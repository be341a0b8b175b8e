// The drawing file: the whole check first, then what a good file holds.
#![tactic(auto)]

ghost use Rattle.std.specs.Prelude.{◌≡◌, cond, ℕ, ◌+◌, ◌≤◌, ◌<◌, eqb, ltb, length};
ghost use Rattle.rows.specs.Numbers.{bit, listed, rel, has, held};
ghost use Rattle.model.specs.Limits.{most_actions, most_places, given_relations, given_length};
ghost use Rattle.model.specs.Actions.{no_action};
ghost use Rattle.model.specs.Candidates.{to_others};
ghost use Rattle.model.specs.declared.Action.{Action};
ghost use Rattle.drawing.specs.Files.{file_length, action_at, action_of, walks, action_no, row_no, rows_of, check_of, read_with};
ghost use Rattle.model.specs.Refusals.{Walk};

use model::limits::{GIVEN_RELATIONS, MOST_ACTIONS, MOST_PLACES, ORDER_LENGTH, STORE_LENGTH};
use model::refusals::{Reason, Refusal};
use model::{Action, ActionKind, Header};
use rows::Row;

mod drawn;
pub mod kinds;
mod layout;
pub mod numbers;
mod records;
pub mod writing;

pub use drawn::Drawing;
pub use layout::PLACE_BYTES;

// Bytes of the longest file; and how many of any file decide the answer to it.
pub const LONGEST_FILE: usize = PLACE_BYTES
    + MOST_PLACES
    + 20 * MOST_ACTIONS
    + (6 + 16 * MOST_ACTIONS) * GIVEN_RELATIONS
    + 4;

pub const FILE_ROOM: usize = LONGEST_FILE + 1;

// The same part of a check for the numbers below n, in their order: the first refusal.
#[tactic(auto, using(crate::proofs::Walks::walk_go, crate::proofs::Walks::walk_stop, crate::proofs::Walks::walk_done))]
pub fn walk<F: Fn(usize) -> Result<(), Refusal>>(n: usize, part: F) -> Result<(), Refusal>
    requires { (i : ℕ) → i < n → F.pre part i }
    ensures { (f : ℕ → Walk) → ((i : ℕ) (r : Walk) → i < n → F.post part i r → r ≡ f i) → result ≡ walks f 0 n }
{
    for i in 0..n {
        part(i)?;
    }
    Ok(())
}

// Whether no action below n that a's row leads to is of action a's thread, where `thread` tells an action's thread.
pub fn to_others<F: Fn(usize) -> u16>(n: usize, row: Row, a: usize, thread: F) -> bool
    requires { (n ≤ most_actions) × (a < n) × ((i : ℕ) → i < n → F.pre thread i) }
    ensures { (f : ℕ → Action) → ((i x : ℕ) → i < n → F.post thread i x → x ≡ (f i).thread) → result ≡ to_others n f (has row) a }
{
    let own = thread(a);
    for b in row.before(n) {
        if thread(b) == own {
            return false;
        }
    }
    true
}

// Checks a file of any bytes, record by record: edition, N, T and P, or a refusal.
#[tactic(auto, unfolding(crate::specs::Files::check_by, crate::specs::Files::header_check, crate::specs::Files::head_check, crate::specs::Files::edition_check, crate::specs::Files::limits_check))]
pub fn check_file(file: &[u8]) -> Result<Header, Refusal>
    ensures { result ≡ check_of file.now }
{
    records::header(file)?;
    let head = Header {
        edition: numbers::half(file, 4),
        n: numbers::half(file, 6),
        t: numbers::half(file, 8),
        p: numbers::half(file, 10),
    };
    records::later_records(file, head)?;
    Ok(head)
}

// The reader's answer to a file, a store of `store` numbers and an order buffer of `order` bytes.
#[tactic(auto, unfolding(crate::specs::Files::read_with))]
pub fn check(file: &[u8], store: usize, order: usize) -> Result<Header, Refusal>
    ensures { result ≡ read_with file.now store order }
{
    Reason::ShortBuffer.unless(STORE_LENGTH <= store && ORDER_LENGTH <= order, 0)?;
    check_file(file)
}

// Action i of a good file.
pub fn action_at(file: &[u8], p: usize, i: usize) -> Action
    requires { (p ≤ most_places) × (i < most_actions) × (action_at p (i + 1) ≤ length file.now) }
    ensures { result ≡ action_of file.now (action_at p i) }
{
    records::decode(file, layout::action(p, i))
}

// No actions yet.
#[tactic(auto, unfolding(rows::specs::Numbers::listed))]
pub fn no_actions() -> [Action; MOST_ACTIONS]
    ensures { result ≡ listed most_actions (λ _. no_action) }
{
    let none = Action {
        what: ActionKind::Lock,
        thread: 0,
        place: 0,
        read: 0,
        written: 0,
    };
    [none; MOST_ACTIONS]
}

// The actions of a good file.
#[tactic(auto, unfolding(crate::specs::Files::action_no))]
pub fn actions(file: &[u8], n: usize, p: usize) -> [Action; MOST_ACTIONS]
    requires { (n ≤ most_actions) × (p ≤ most_places) × (file_length n p ≤ length file.now) }
    ensures { result ≡ listed most_actions (action_no file.now n p) }
{
    let mut list = no_actions();
    for i in 0..n {
        list[i] = action_at(file, p, i);
    }
    list
}

// Bytes of the file of n actions at p places.
pub fn file_length(n: usize, p: usize) -> usize
    requires { (n ≤ most_actions) × (p ≤ most_places) }
    ensures { result ≡ file_length n p }
{
    layout::end(n, p) + 4
}

// Row a of relation k of a good file; rows from n on are zero.
#[tactic(auto, unfolding(crate::specs::Files::row_no))]
fn row_at(file: &[u8], n: usize, p: usize, k: usize, a: usize) -> Row
    requires { (n ≤ most_actions) × (p ≤ most_places) × (k < given_relations) × (file_length n p ≤ length file.now) }
    ensures { has result ≡ bit (row_no file.now n p k a) }
{
    if a < n {
        numbers::row(file, n, layout::row(n, layout::relation(n, p, k), a))
    } else {
        Row::empty()
    }
}

// Relation k of a good file fills numbers 256k to 256k+255 of the store, two to a row, low half first; the other relations stay.
fn fill_relation(file: &[u8], store: &mut [u64], n: usize, p: usize, k: usize)
    requires { (n ≤ most_actions) × (p ≤ most_places) × (k < given_relations) × (file_length n p ≤ length file.now) × (given_length ≤ length store.old) }
    ensures { (j : ℕ) → held store.new j ≡ cond (eqb j k) (rel (rows_of file.now n p k)) (held store.old j) }
{
    for a in 0..rows::SIZE {
        rows::put(store, k as u32, a, row_at(file, n, p, k, a));
    }
}

// Relations 0 to 6 of a good file go to the front of the store; the relations after them stay.
pub fn fill(file: &[u8], store: &mut [u64], n: usize, p: usize)
    requires { (n ≤ most_actions) × (p ≤ most_places) × (file_length n p ≤ length file.now) × (given_length ≤ length store.old) }
    ensures { (j : ℕ) → held store.new j ≡ cond (ltb j given_relations) (rel (rows_of file.now n p j)) (held store.old j) }
{
    for k in 0..GIVEN_RELATIONS {
        fill_relation(file, store, n, p, k);
    }
}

- WHAT THE TASK ASKS
Given the records above, reproduce precisely and only the lines between the line holding "Row::empty()" and the line holding "for k in 0..GIVEN_RELATIONS", inclusive.

- FINISHED TASK
        Row::empty()
    }
}

// Relation k of a good file fills numbers 256k to 256k+255 of the store, two to a row, low half first; the other relations stay.
fn fill_relation(file: &[u8], store: &mut [u64], n: usize, p: usize, k: usize)
    requires { (n ≤ most_actions) × (p ≤ most_places) × (k < given_relations) × (file_length n p ≤ length file.now) × (given_length ≤ length store.old) }
    ensures { (j : ℕ) → held store.new j ≡ cond (eqb j k) (rel (rows_of file.now n p k)) (held store.old j) }
{
    for a in 0..rows::SIZE {
        rows::put(store, k as u32, a, row_at(file, n, p, k, a));
    }
}

// Relations 0 to 6 of a good file go to the front of the store; the relations after them stay.
pub fn fill(file: &[u8], store: &mut [u64], n: usize, p: usize)
    requires { (n ≤ most_actions) × (p ≤ most_places) × (file_length n p ≤ length file.now) × (given_length ≤ length store.old) }
    ensures { (j : ℕ) → held store.new j ≡ cond (ltb j given_relations) (rel (rows_of file.now n p j)) (held store.old j) }
{
    for k in 0..GIVEN_RELATIONS {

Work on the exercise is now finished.